Lizzie shook her head vehemently. “Oh, no. Huh-uh. I wouldn’t want a water set. I’m not getting married anytime soon.”
“Then why are you dating Stephen?”
“ ’Cause I like him. He’s fun to be with.
“Is that all?”
“Well, for now.”
Mandy sat back down on the bed and straightened the gold bow she had tied around John’s gift. The enormous box was wrapped in a dull red paper and done up with a gold bow, which looked very masculine. It was the perfect paper for a young man’s present, Lizzie thought. She and Mandy had bought the same thing for their boyfriends, a small shaving cabinet with sliding glass doors and a wooden towel rack. They were very popular among the girls’ friends and considered the perfect expensive Christmas gift to give to their boyfriends.
Lizzie’s package for Stephen was wrapped in forest green paper. She was very happy with it, except she secretly thought th
e red looked more Christmasy. She would never admit this to Mandy, who was already too smug and self-assured about that package of hers.

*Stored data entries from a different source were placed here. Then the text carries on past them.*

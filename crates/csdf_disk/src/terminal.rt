//! Whether standard input is a terminal.

ghost use Rattle.std.specs.Prelude.{◌≡◌, ℕ, [], ◌∷◌, List, Option};
ghost use Rattle.csdf_disk.specs.SystemCalls.{Called, Link};
ghost use Rattle.csdf_disk.specs.Terminals.{input_link, is_terminal, leads_to_terminal};

use crate::system::System;

/// The link of the system that leads to standard input.
const INPUT: &str = "/proc/self/fd/0";

/// Whether a path is that of a terminal: of a window, a console or a serial line.
fn is_terminal(path: &str) -> bool
    ensures { result ≡ is_terminal path.now }
{
    let bytes = path.as_bytes();
    bytes.starts_with(b"/dev/pts/") || bytes.starts_with(b"/dev/tty") || path == "/dev/console"
}

/// Whether standard input is a terminal, by the path that its link leads to. Where there is no such link,
/// it is taken for none.
pub(crate) fn is_input_terminal<S: System>(system: &mut S) -> bool
    ensures { (link : Option (List ℕ)) × Called (S.calls system.old) (S.calls system.new) (Link input_link link ∷ [])
        × (result ≡ leads_to_terminal link) }
{
    match system.read_link(INPUT) {
        Ok(path) => is_terminal(path.as_str()),
        Err(_) => false,
    }
}
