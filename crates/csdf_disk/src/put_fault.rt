//! Why a file was not put in its place.

/// Why a file was not put in its place: what stood there stands there still, or the start of the new
/// text where the place is no plain file.
#[derive(Clone, Copy, Debug, PartialEq, Eq)]
pub enum PutFault {
    /// A device failed.
    Device,
    /// Memory ran out before anything was written.
    Memory,
}
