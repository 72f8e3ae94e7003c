//! A file that is written piece by piece: beside its place first, and there when it is whole.

ghost use Rattle.std.specs.Prelude.{◌≡◌, [], ◌∷◌, List, None, Option, false, IfErr, IfOk, is_ok, option_map};
ghost use Rattle.std.specs.Fs.{permissions_mode};
ghost use Rattle.csdf_disk.specs.Acts.{made_as};
ghost use Rattle.csdf_disk.specs.SystemCalls.{Call, Called, Create, KeepsMade, KeepsPart, LeavesMade, Makes, MakesBeside, MakesItself, Steps, part_made, part_path, steps_made};

use crate::put_fault::PutFault;
use crate::putting::{There, ended, part_of, permit, there_of};
use crate::system::System;
use csdf_bytes::{DeviceFailed, Outlet, ToWriter};
use std::alloc::Global;
use std::fs::Permissions;
use std::io::Write;

/// A file that is being written: a part beside its place, or what stands there and is no plain file.
#[derive(Drop)]
pub struct MadeFile<F> {
    file: ToWriter<F>,
    part: Option<String>,
}

impl<F: Write> Outlet for MadeFile<F> {
    ghost written = { λ s. F.contents s.file.device };

    ghost failed = { λ s. s.file.failed };

    fn emit(&mut self, bytes: &[u8]) -> Result<usize, DeviceFailed> {
        self.file.emit(bytes)
    }
}

/// Makes a file, or empties the one that is there, and opens it to be written.
fn create<S: System>(system: &mut S, path: &str) -> Result<S::File, PutFault>
    ensures called { Called (S.calls system.old) (S.calls system.new) (Create path.now (is_ok result) ∷ []) }
    ensures failed { IfErr result (λ why. why ≡ PutFault.Device) }
{
    match system.create(path) {
        Ok(file) => Ok(file),
        Err(_) => Err(PutFault::Device),
    }
}

/// Makes a part with the permissions of the file that it is to replace, where there is one.
fn make_part<S: System>(
    system: &mut S,
    part: &str,
    permissions: Option<Permissions>,
) -> Result<S::File, PutFault>
    ensures { Steps (steps_made part.now (option_map permissions_mode permissions)) (S.calls system.old) (S.calls system.new) (made_as result) }
{
    let file = create(system, part)?;
    permit(system, part, permissions)?;
    Ok(file)
}

/// Makes a file beside its place. A part that does not get its permissions is taken away.
fn make_beside<S: System>(
    alloc: Global,
    system: &mut S,
    permissions: Option<Permissions>,
    path: &str,
) -> Result<MadeFile<S::File>, PutFault>
    ensures made { (calls : List Call) × Called (S.calls system.old) (S.calls system.new) calls
        × MakesBeside (option_map permissions_mode permissions) path.now calls (part_made result) }
    ensures unmarked { IfOk result (λ made. made.file.failed ≡ false) }
{
    let Ok(part) = part_of(alloc, path) else {
        return Err(PutFault::Memory);
    };
    match make_part(system, part.as_str(), permissions) {
        Ok(file) => Ok(MadeFile {
            file: ToWriter::new(file),
            part: Some(part),
        }),
        Err(why) => {
            let _ = system.remove_file(part.as_str());
            Err(why)
        }
    }
}

/// Opens what is no plain file to be written itself.
fn make_itself<S: System>(system: &mut S, path: &str) -> Result<MadeFile<S::File>, PutFault>
    ensures made { (calls : List Call) × Called (S.calls system.old) (S.calls system.new) calls × MakesItself path.now calls (part_made result) }
    ensures unmarked { IfOk result (λ made. made.file.failed ≡ false) }
{
    let file = create(system, path)?;
    Ok(MadeFile {
        file: ToWriter::new(file),
        part: None,
    })
}

/// Makes a file that is to be written piece by piece.
///
/// A plain file is made beside its place, as `PATH.part`, and stays there until it is kept, so that a
/// failure leaves what was there. What is no plain file, as a FIFO or a link, is opened itself.
pub(crate) fn make_at<S: System>(
    alloc: Global,
    system: &mut S,
    path: &str,
) -> Result<MadeFile<S::File>, PutFault>
    ensures made { Makes path.now (S.calls system.old) (S.calls system.new) (part_made result) }
    ensures unmarked { IfOk result (λ made. made.file.failed ≡ false) }
{
    match there_of(system.symlink_metadata(path)) {
        Ok(There::Free) => make_beside(alloc, system, None, path),
        Ok(There::Plain(permissions)) => make_beside(alloc, system, Some(permissions), path),
        Ok(There::Other) => make_itself(system, path),
        Err(why) => Err(why),
    }
}

/// Puts a part in its place. One that can't be put there is taken away.
fn keep_part<S: System>(system: &mut S, part: &str, path: &str) -> Result<(), PutFault>
    ensures { KeepsPart part.now path.now (S.calls system.old) (S.calls system.new) result }
{
    match ended(system.rename(part, path)) {
        Ok(()) => Ok(()),
        Err(why) => {
            let _ = system.remove_file(part);
            Err(why)
        }
    }
}

/// Puts a file that was made in its place. What is no plain file stands there.
pub(crate) fn keep_at<S: System>(
    system: &mut S,
    path: &str,
    made: &MadeFile<S::File>,
) -> Result<(), PutFault>
    ensures { KeepsMade (part_path made.now) path.now (S.calls system.old) (S.calls system.new) result }
{
    match &made.part {
        Some(part) => keep_part(system, part.as_str(), path),
        None => Ok(()),
    }
}

/// Gives a file up that was made: its part is taken away.
pub(crate) fn leave_at<S: System>(system: &mut S, made: &MadeFile<S::File>)
    ensures { LeavesMade (part_path made.now) (S.calls system.old) (S.calls system.new) }
{
    if let Some(path) = &made.part {
        let _ = system.remove_file(path.as_str());
    }
}
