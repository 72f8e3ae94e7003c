//! Which file a path stands for.

ghost use Rattle.std.specs.Prelude.{◌≡◌, IfErr, IfOk};
ghost use Rattle.csdf_disk.specs.Places.{is_one, is_one_node};

use csdf_answers::Name;

/// A file by the numbers of its device and of itself there.
#[derive(Clone, Copy, Debug, PartialEq, Eq)]
pub struct Node {
    /// The number of the device.
    pub device: u64,
    /// The number of the file there.
    pub number: u64,
}

impl Node {
    /// Whether it is the same file.
    pub(crate) fn is_one(&self, other: &Node) -> bool
        ensures { result ≡ is_one_node self.now other.now }
    {
        self.device == other.device && self.number == other.number
    }
}

/// Which file a path stands for, at the end of the links there.
#[derive(Debug, Drop)]
pub enum FilePlace {
    /// A plain file that is there.
    File(Node),
    /// A file that is not there, by its folder and its name there.
    Free(Node, Name),
    /// No plain file, as a pipe or a device, or one of which nothing is known.
    Other,
}

impl FilePlace {
    /// Whether both are one file.
    pub fn is_one(&self, other: &FilePlace) -> bool
        ensures { result ≡ is_one self.now other.now }
    {
        match self {
            FilePlace::File(node) => is_file(node, other),
            FilePlace::Free(folder, name) => is_free(folder, name.as_str(), other),
            FilePlace::Other => false,
        }
    }
}

/// Whether a place is this file.
fn is_file(node: &Node, place: &FilePlace) -> bool
    ensures { result ≡ is_one (FilePlace.File node.now) place.now }
{
    match place {
        FilePlace::File(other) => node.is_one(other),
        _ => false,
    }
}

/// Whether a place is the one of this name in a folder.
fn is_free(folder: &Node, name: &str, place: &FilePlace) -> bool
    ensures { result ≡ is_one (FilePlace.Free folder.now name.now) place.now }
{
    match place {
        FilePlace::Free(other, again) => folder.is_one(other) && name == again.as_str(),
        _ => false,
    }
}
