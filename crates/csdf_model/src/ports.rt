//! The channels of each actor, gathered once.

ghost use Rattle.std.specs.Prelude.{◌≡◌, ◌≤◌, length, map, IfOk};
ghost use Rattle.csdf_model.specs.Graph.{channel_view, inputs_of, outputs_of, ports_view};
ghost use Rattle.csdf_model.specs.Kept.{all_ports};

use crate::limits::{MAX_ACTORS, MAX_CHANNELS};
use crate::parts::Channel;
use std::alloc::{AllocError, Global};

/// The numbers of an actor's channels, in file order. A channel from an actor to itself is among
/// both.
#[derive(Drop)]
pub(crate) struct Ports {
    /// The channels that end at it.
    pub(crate) inputs: Vec<u32>,
    /// The channels that begin at it.
    pub(crate) outputs: Vec<u32>,
}

impl Ports {
    /// The channels of this actor. An error says that memory ran out.
    fn of(alloc: Global, channels: &[Channel], actor: u32) -> Result<Ports, AllocError>
        requires { length channels.now ≤ MAX_CHANNELS }
        ensures inputs { IfOk result (λ ports. ports.inputs.items ≡ inputs_of (map channel_view channels.now) actor) }
        ensures outputs { IfOk result (λ ports. ports.outputs.items ≡ outputs_of (map channel_view channels.now) actor) }
    {
        let inputs = inputs_of(alloc, channels, actor)?;
        let outputs = outputs_of(alloc, channels, actor)?;
        Ok(Ports { inputs, outputs })
    }
}

/// The channels of each of so many actors.
pub(crate) fn gathered(
    alloc: Global,
    channels: &[Channel],
    actors: usize,
) -> Result<Vec<Ports>, AllocError>
    requires few_actors { actors ≤ MAX_ACTORS }
    requires few_channels { length channels.now ≤ MAX_CHANNELS }
    ensures { IfOk result (λ v. map ports_view v.items ≡ all_ports (map channel_view channels.now) actors) }
{
    let mut ports = Vec::new(alloc);
    for actor in 0..actors {
        ports.push(Ports::of(alloc, channels, actor as u32)?)?;
    }
    Ok(ports)
}

fn inputs_of(alloc: Global, channels: &[Channel], actor: u32) -> Result<Vec<u32>, AllocError>
    requires { length channels.now ≤ MAX_CHANNELS }
    ensures { IfOk result (λ v. v.items ≡ inputs_of (map channel_view channels.now) actor) }
{
    let mut inputs = Vec::new(alloc);
    for (number, channel) in channels.iter().enumerate() {
        if channel.to == actor {
            inputs.push(number as u32)?;
        }
    }
    Ok(inputs)
}

fn outputs_of(alloc: Global, channels: &[Channel], actor: u32) -> Result<Vec<u32>, AllocError>
    requires { length channels.now ≤ MAX_CHANNELS }
    ensures { IfOk result (λ v. v.items ≡ outputs_of (map channel_view channels.now) actor) }
{
    let mut outputs = Vec::new(alloc);
    for (number, channel) in channels.iter().enumerate() {
        if channel.from == actor {
            outputs.push(number as u32)?;
        }
    }
    Ok(outputs)
}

“So, Mandy, you give John his gift Saturday evening, and I will give Stephen his Sunday evening, okay? Because you most definitely are not going to watch us exchange gifts or hear us or anything.”
Mandy laughed easily. “Oh, relax. We’re going to be down at the farm with his brother.”
“Over the entire holiday?”
“No, of course not. John says he has something special to tell me or show me. I’m not sure what he meant.”
“He’s going to ask you to marry him!” Lizzie said loudly.
“Hush, Lizzie! You’ll wake the twins! No, he’s not. I’m not even near old enough and haven’t joined the church yet.”
“Oh, that’s right. I forgot.”
They sat and talked awhile longer as the snow pinged against the windows and the soft hiss of the kerosene lamp made everything seem homey and cozy. They talked about Dat and how they hardly ever noticed there was anything different about him since his diagnosis. It always made them sad to think of Dat’s disease, but since Mam was so upbeat, encouraging Dat to keep doing all the things he was used to doing, it helped the girls to see that it really wasn’t so terrible to have multiple sclerosis.
“Not yet, Lizzie,” Mandy said wisely, shaking her head slowly. “But sometime it will be.”
“I know,” Lizzie said soberly.
They sat in comfortable silence, Mandy with her chin on her knees, her arms wrapped around her legs. Lizzie plumped the pillows and flopped back, crossing her hands behind her head.
“So, what do you say when you give your boyfriend his present? Just, ‘Here,’ or ‘Do you want this?’ or ‘Open this,’ or what?” Lizzie asked.
Mandy rolled over and collapsed in a fit of laughter. She laughed until she could hardly get her breath, gasping and wheezing as she slapped at Lizzie.
Lizzie laughed with her, but only because she always had to laugh when Mandy did—that’s just how it was.